Animating Scotland: Manipulate Festival 2024

We catch up with Manipulate Arts CEO Dawn Taylor about the festival's unique and ambitious programme

Feature by Andrea Cabrera Luna | 23 Jan 2024
  • Megahertz’s Ruins

The Skinny: Can you introduce us to Manipulate Festival 2024?

Dawn Taylor: Manipulate has always been interested in showcasing artists that are playing the edges between art forms and pushing the boundaries of what puppetry and visual theatre can be. This year, we have robots and drones onstage and people pushing their bodies in different ways and speaking to audiences with a range of techniques.

This year you have three associate programmers, right?  

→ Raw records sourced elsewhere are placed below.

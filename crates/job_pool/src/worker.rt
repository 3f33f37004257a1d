//! What a worker does.
ghost use Rattle.std.specs.Prelude.{◌≡◌, IfSome};
ghost use Rattle.revision_jobs.specs.Entries.{IsOf};
ghost use Rattle.job_pool.specs.Home.{terms_of};

use crate::answers::AnswerSender;
use crate::inbox::Inbox;
use bumpalo::Bump;
use revision_jobs::{Entries, Entry, Gate, Job, Worked, work, work_by};
use std::alloc::Global;
use std::sync::Wait;

// An engine is given up after so many jobs, since its arena keeps some bytes of each.
const MOST_JOBS: u32 = 4096;

// With fewer live cells a pattern's squares are soon made anew.
const MANY_CELLS: u128 = 64;

/// Works the jobs that it takes, each with its entry's own stop, and sends their answers back, until
/// there is no job and the sender is gone. What nobody waits for any more is dropped.
pub(crate) fn work_all<R: Wait, G: Gate>(
    rt: &R,
    alloc: Global,
    entries: &Entries,
    mut jobs: Inbox,
    mut back: AnswerSender,
    mut gate: G,
    squares: u32,
)
where
    G: Drop,
    requires { (jobs ≡ entries.now) × (back ≡ terms_of entries.now squares) }
{
    let mut next = jobs.take(rt);
    for _ in rt.forever() {
        let Some(job) = next else {
            break;
        };
        next = work_alike(
            rt, alloc, entries, &mut jobs, &mut back, &mut gate, squares, job,
        );
    }
}

// Works a job, and those that are taken next as long as the engine for its rule serves them. The job
// that wants another engine isn't worked.
fn work_alike<R: Wait, G: Gate>(
    rt: &R,
    alloc: Global,
    entries: &Entries,
    jobs: &mut Inbox,
    back: &mut AnswerSender,
    gate: &mut G,
    squares: u32,
    job: Job,
) -> Option<Job>
    requires table { (jobs.old ≡ entries.now) × (back.old ≡ terms_of entries.now squares) }
    requires own { IsOf entries.now job.place }
    ensures table { (jobs.new ≡ entries.now) × (back.new ≡ terms_of entries.now squares) }
    ensures own { IfSome result (λ job. IsOf entries.now job.place) }
{
    let arena = Bump::new(alloc);
    let Ok(Some(mut engine)) = entries.at(&job.place).engine(alloc, &arena, squares) else {
        let mut stop = entries.stop(&job.place);
        let answer = work(alloc, job, entries, gate, &mut stop, squares);
        back.send(rt, Worked::by(answer, stop));
        return jobs.take(rt);
    };
    let mut next = Some(job);
    for _ in 0..MOST_JOBS {
        let job = next?;
        if !entries.at(&job.place).is_served_by(engine.rule()) {
            return Some(job);
        }
        let has_line = has_line(entries.at(&job.place));
        let mut stop = entries.stop(&job.place);
        let answer = work_by(alloc, &mut engine, job, entries, gate, &mut stop);
        back.send(rt, Worked::by(answer, stop));
        next = if has_line {
            jobs.take_after_step(rt)
        } else {
            jobs.take(rt)
        };
    }
    next
}

// Whether the squares of what comes of the entry are worth more than the looks for the next step of
// its line: it is a step of a pattern that has many cells.
fn has_line(entry: &Entry) -> bool {
    match entry {
        Entry::Step(step) => step.from.population() >= MANY_CELLS,
        Entry::View(_) => false,
    }
}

Yes, they are Natasha Ruwona, Emily Nicholl, and Holly Summerson. We did that for the first time last year through Creative Scotland’s Radical Care Fund, which was about enabling me as a leader with small children to balance that with needing to see lots of work to curate, but also creating opportunities for other voices to come through. They've really asked questions of us and our process, which has made us think differently. 

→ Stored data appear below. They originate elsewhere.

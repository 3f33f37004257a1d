//! Translating rule tables to decision trees.
//!
//! `from_table` gives the smallest tree with the next states of a table, or says that even the
//! smallest has more than 1,000,000 nodes. Nodes are counted as they are made, and none is made
//! that isn't needed: so a table whose tree is too large costs no more than a tree of 1,000,000
//! nodes.
#![tactic(auto)]

mod laws;
mod layers;
mod listed;
mod near;
mod numbering;
mod packed;
mod sharing;
mod translation;
mod tree_fault;

pub use laws::trees_have_the_nodes_needed;
pub use translation::{from_rows, from_table};
pub use tree_fault::TreeFault;
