//! Why a table is not translated.
ghost use Rattle.std.specs.Prelude.{◌≡◌};
ghost use Rattle.tree_translation.specs.declared.tree_fault.TreeFault.TheVariants.{NoMemory};

use basics::{Reason, Refusal};
use std::alloc::{AllocError, AllocFailed};
use thiserror::Error;

/// Why a table is not translated to a tree.
#[derive(Clone, Copy, Debug, PartialEq, Eq, Error)]
pub enum TreeFault {
    /// The tree would have more than 1,000,000 nodes.
    #[error("the tree has more than 1,000,000 nodes")]
    TreeTooLarge,
    /// Out of memory.
    #[error("there is not enough memory")]
    NoMemory,
}

impl From<AllocError> for TreeFault {
    ghost from_gives = { λ _ fault. fault ≡ NoMemory };

    fn from(_error: AllocError) -> TreeFault {
        TreeFault::NoMemory
    }
}

impl<T: Drop> From<AllocFailed<T>> for TreeFault {
    ghost from_gives = { λ _ fault. fault ≡ NoMemory };

    fn from(_error: AllocFailed<T>) -> TreeFault {
        TreeFault::NoMemory
    }
}

impl Refusal for TreeFault {
    ghost use Rattle.tree_translation.specs.TreeFaults.{fault_number, fault_name, fault_place};

    ghost number_of = { fault_number };

    ghost name_of = { fault_name };

    ghost place_of = { fault_place };

    fn reason(&self) -> Reason {
        match self {
            TreeFault::TreeTooLarge => Reason::of(14, "TreeTooLarge"),
            TreeFault::NoMemory => Reason::of(70, "NoMemory"),
        }
    }
}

Do you think that the leadership model for women in the arts will be redefined?  

Definitely. The model of leadership that we inherit is not just made for men, but for white, able-bodied people. The more the younger generations come through organisations, the more they're asking important questions. Holly Summerson is a hard of hearing person, an artist, and animator; and Natasha Ruwona is a young, Black woman who is very much thinking about how we reach a broader and more diverse audience.

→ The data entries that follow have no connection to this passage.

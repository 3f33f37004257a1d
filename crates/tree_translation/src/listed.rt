//! Lists of numbers at an input.

use crate::packed::Packed;

/// The tails that may still give the result, by their numbers.
#[derive(Debug, Drop, PartialEq, Eq, Hash)]
pub struct Listed {
    /// How many inputs come before.
    pub input: usize,
    pub numbers: Vec<u32>,
}

/// A node of a tree.
#[derive(Debug, Drop, PartialEq, Eq, Hash)]
pub struct Node {
    /// How many inputs come before.
    pub input: usize,
    /// A number for each state.
    pub entries: Packed,
}
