//! The end of a post to which its jobs go: steps and views in queues of their own, and bells.
ghost use Rattle.std.specs.Prelude.{◌≡◌, ◌≤◌, []};
ghost use Rattle.revision_jobs.specs.Entries.{IsOf};
ghost use Rattle.job_queue.specs.Ends.{IsOffered};
ghost use Rattle.job_queue.specs.Slips.{floor_of};
ghost use Rattle.job_pool.specs.Lanes.{new_outgoing};

use crate::bells::Bells;
use crate::sent::SentJobs;
use job_queue::JobSender;
use revision_jobs::{Entries, Entry, Job, Place, Sent};
use std::marker::Model;
use std::snapshot::Snapshot;
use std::sync::Wait;

/// Where the jobs of a post go. Workers are called for each. Contracts see the table of its jobs, and
/// the slips of those that it sent.
#[derive(Drop)]
pub(crate) struct Outbox<'a> {
    entries: &'a Entries,
    steps: JobSender,
    views: JobSender,
    bells: Bells,
    sent: SentJobs,
    floor: u64,
}

impl<'a> Model for Outbox<'a> {
    ghost use Rattle.std.specs.Prelude.{◌≡◌};
    ghost use Rattle.job_pool.specs.Lanes.{Outgoing};

    ghost Value = { Outgoing };

    ghost view = { λ o. record { table = o.steps.table; sent = o.sent } };

    ghost use Rattle.job_queue.specs.Slips.{floor_of};
    ghost use Rattle.job_pool.specs.Lanes.{IsSplit};

    ghost invariant = { λ o. (o.entries.now ≡ o.steps.table) × (o.views.table ≡ o.steps.table)
        × IsSplit o.steps.sent o.views.sent o.sent × (o.floor ≡ floor_of o.sent) };
}

impl<'a> Outbox<'a> {
    /// The end of a post of the table, over two queues to which nothing was sent.
    pub(crate) fn new(
        entries: &'a Entries,
        steps: JobSender,
        views: JobSender,
        bells: Bells,
    ) -> Outbox<'a>
        requires steps { (steps.table ≡ entries.now) × (steps.sent ≡ []) }
        requires views { (views.table ≡ entries.now) × (views.sent ≡ []) }
        ensures { result ≡ new_outgoing entries.now }
    {
        Outbox {
            entries,
            steps,
            views,
            bells,
            sent: SentJobs::none(),
            floor: 0,
        }
    }

    // Offers a step.
    fn offer_step<R: Wait>(&mut self, rt: &R, job: Job) -> Sent
        requires own { IsOf self.old.table job.place }
        requires rises { floor_of self.old.sent ≤ job.number }
        ensures table { self.new.table ≡ self.old.table }
        ensures sent { IsOffered job self.old.sent self.new.sent result }
    {
        let noted = Snapshot::of(&job);
        let floor = u64::from(job.number) + 1;
        let sent = self.steps.offer(rt, job);
        if let Sent::Taken = sent {
            self.sent.push(noted);
            self.floor = floor;
        }
        sent
    }

    // Offers a view.
    fn offer_view<R: Wait>(&mut self, rt: &R, job: Job) -> Sent
        requires own { IsOf self.old.table job.place }
        requires rises { floor_of self.old.sent ≤ job.number }
        ensures table { self.new.table ≡ self.old.table }
        ensures sent { IsOffered job self.old.sent self.new.sent result }
    {
        let noted = Snapshot::of(&job);
        let floor = u64::from(job.number) + 1;
        let sent = self.views.offer(rt, job);
        if let Sent::Taken = sent {
            self.sent.push(noted);
            self.floor = floor;
        }
        sent
    }

    /// Offers a job to the queue of its kind, and calls workers where it is taken. It is Full only
    /// where that queue held 16 jobs at a moment of the call, and Closed where no worker is left;
    /// then the job comes back.
    pub(crate) fn offer<R: Wait>(&mut self, rt: &R, job: Job) -> Sent
        requires own { IsOf self.old.table job.place }
        requires rises { floor_of self.old.sent ≤ job.number }
        ensures table { self.new.table ≡ self.old.table }
        ensures sent { IsOffered job self.old.sent self.new.sent result }
    {
        match self.entries.at(&job.place) {
            Entry::Step(_) => {
                let sent = self.offer_step(rt, job);
                if let Sent::Taken = &sent {
                    self.bells.call_for_step(rt);
                }
                sent
            }
            Entry::View(_) => {
                let sent = self.offer_view(rt, job);
                if let Sent::Taken = &sent {
                    self.bells.call_for_view(rt);
                }
                sent
            }
        }
    }

    /// Notes that a job of this place was answered.
    pub(crate) fn note_answer(&mut self, place: &Place)
        requires { IsOf self.old.table place.now }
        ensures { self.new ≡ self.old }
    {
        match self.entries.at(place) {
            Entry::Step(_) => self.bells.note_step(),
            Entry::View(_) => self.bells.note_view(),
        }
    }

    /// One more than the number that was sent last, 0 before any.
    pub(crate) fn floor(&self) -> u64
        ensures { result ≡ floor_of self.now.sent }
    {
        self.floor
    }
}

What exciting surprises can we expect?

We usually lock down our programme by the summer. This year, because of the significant funding challenges facing the sector, it took us a lot longer to put that programme together. As proud as we are, there are a lot of Scottish artists who didn't get their funding, and who would have been in our programmes. What that meant, is that by the time we went to Charleville Festival in September – which is like the World Cup of puppetry in France – we had an open space and we ended up with two really exciting pieces from Compagnie Bakélite; one is Love of Risk, a dinner party served by robot vacuum cleaners, which is one of the pieces I was talking about, which pushes the edges of what we mean by puppets and makes a really smart but hilarious comment on our relationship with technology. The other is Invaders, a classic object theatre piece about aliens using lots of jelly. Another French object piece is The Conquest, which is about colonialism and being a woman of colour in 2023. Object theatre artists can treat heavy subjects with delicacy, which allows shows to be fun and engaging while also grappling with some really big ideas. 

What Scottish shows will we see?

We've got lots of exciting shows but in particular Megahertz’s Ruins, which is going to be three dancers performing in our big, clear cube with beautiful projections and animations on it. Also coming finally to Manipulate is Tortoise in a Nutshell’s Ragnarok. It's four years later, and COVID, and two babies, and all sorts of stuff that got in the way of our audiences seeing the show and now it's back and it's going to be big and beautiful.

Can you tell us about your online programme?

We are sort of the biggest and only festival dedicated to all forms of animation in Scotland. We've really stepped up our film offer this year, thanks to some funding from Film Hub Scotland. So, we're trying to make sure that this is a celebration for animation in the same way that it is for puppetry and visual theatre.